Nothing in the data may be omitted; output it all verbatim.
*** Opening of Data extracts ***
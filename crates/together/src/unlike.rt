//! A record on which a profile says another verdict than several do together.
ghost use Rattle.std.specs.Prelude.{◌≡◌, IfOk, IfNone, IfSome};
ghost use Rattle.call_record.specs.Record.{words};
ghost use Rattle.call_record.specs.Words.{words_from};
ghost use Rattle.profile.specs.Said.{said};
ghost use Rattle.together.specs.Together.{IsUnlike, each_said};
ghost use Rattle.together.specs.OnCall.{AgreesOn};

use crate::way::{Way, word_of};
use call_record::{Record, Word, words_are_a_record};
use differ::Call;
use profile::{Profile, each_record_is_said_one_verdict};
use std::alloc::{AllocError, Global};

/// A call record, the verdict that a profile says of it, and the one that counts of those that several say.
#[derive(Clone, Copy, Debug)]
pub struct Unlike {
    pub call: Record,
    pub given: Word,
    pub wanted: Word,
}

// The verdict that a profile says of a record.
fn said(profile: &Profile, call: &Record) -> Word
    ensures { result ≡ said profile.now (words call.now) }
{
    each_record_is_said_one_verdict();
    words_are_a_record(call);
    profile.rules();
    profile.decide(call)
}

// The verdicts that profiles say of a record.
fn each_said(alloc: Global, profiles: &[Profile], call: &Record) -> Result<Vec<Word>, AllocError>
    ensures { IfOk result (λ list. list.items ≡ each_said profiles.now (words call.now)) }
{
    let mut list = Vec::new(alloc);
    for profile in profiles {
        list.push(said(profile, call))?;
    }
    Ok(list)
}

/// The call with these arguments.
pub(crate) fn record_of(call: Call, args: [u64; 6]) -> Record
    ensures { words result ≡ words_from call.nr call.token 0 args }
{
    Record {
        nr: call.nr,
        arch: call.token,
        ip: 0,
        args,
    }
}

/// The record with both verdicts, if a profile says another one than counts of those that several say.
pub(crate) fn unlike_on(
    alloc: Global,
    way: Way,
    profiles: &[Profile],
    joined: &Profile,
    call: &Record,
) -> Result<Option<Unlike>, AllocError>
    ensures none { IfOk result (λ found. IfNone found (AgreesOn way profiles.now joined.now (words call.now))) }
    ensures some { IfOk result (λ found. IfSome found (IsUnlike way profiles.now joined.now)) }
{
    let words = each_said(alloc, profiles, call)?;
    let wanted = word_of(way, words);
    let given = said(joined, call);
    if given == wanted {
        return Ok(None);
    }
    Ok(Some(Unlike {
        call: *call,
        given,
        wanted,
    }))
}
*** Close of Data extracts ***
=== Solution ===
filename crates/together/src/unlike.rt
//! A record on which a profile says another verdict than several do together.
ghost use Rattle.std.specs.Prelude.{◌≡◌, IfOk, IfNone, IfSome};
ghost use Rattle.call_record.specs.Record.{words};
ghost use Rattle.call_record.specs.Words.{words_from};
ghost use Rattle.profile.specs.Said.{said};
ghost use Rattle.together.specs.Together.{IsUnlike, each_said};
ghost use Rattle.together.specs.OnCall.{AgreesOn};

use crate::way::{Way, word_of};
use call_record::{Record, Word, words_are_a_record};
use differ::Call;
use profile::{Profile, each_record_is_said_one_verdict};
use std::alloc::{AllocError, Global};

/// A call record, the verdict that a profile says of it, and the one that counts of those that several say.
#[derive(Clone, Copy, Debug)]
pub struct Unlike {
    pub call: Record,
    pub given: Word,
    pub wanted: Word,
}

// The verdict that a profile says of a record.
fn said(profile: &Profile, call: &Record) -> Word
    ensures { result ≡ said profile.now (words call.now) }
{
    each_record_is_said_one_verdict();
    words_are_a_record(call);
    profile.rules();
    profile.decide(call)
}

// The verdicts that profiles say of a record.
fn each_said(alloc: Global, profiles: &[Profile], call: &Record) -> Result<Vec<Word>, AllocError>
    ensures { IfOk result (λ list. list.items ≡ each_said profiles.now (words call.now)) }
{
    let mut list = Vec::new(alloc);
    for profile in profiles {
        list.push(said(profile, call))?;
    }
    Ok(list)
}

/// The call with these arguments.
pub(crate) fn record_of(call: Call, args: [u64; 6]) -> Record
    ensures { words result ≡ words_from call.nr call.token 0 args }
{
    Record {
        nr: call.nr,
        arch: call.token,
        ip: 0,
        args,
    }
}

/// The record with both verdicts, if a profile says another one than counts of those that several say.
pub(crate) fn unlike_on(
    alloc: Global,
    way: Way,
    profiles: &[Profile],
    joined: &Profile,
    call: &Record,
) -> Result<Option<Unlike>, AllocError>
    ensures none { IfOk result (λ found. IfNone found (AgreesOn way profiles.now joined.now (words call.now))) }
    ensures some { IfOk result (λ found. IfSome found (IsUnlike way profiles.now joined.now)) }
{
    let words = each_said(alloc, profiles, call)?;
    let wanted = word_of(way, words);
    let given = said(joined, call);
    if given == wanted {
        return Ok(None);
    }
    Ok(Some(Unlike {
        call: *call,
        given,
        wanted,
    }))
}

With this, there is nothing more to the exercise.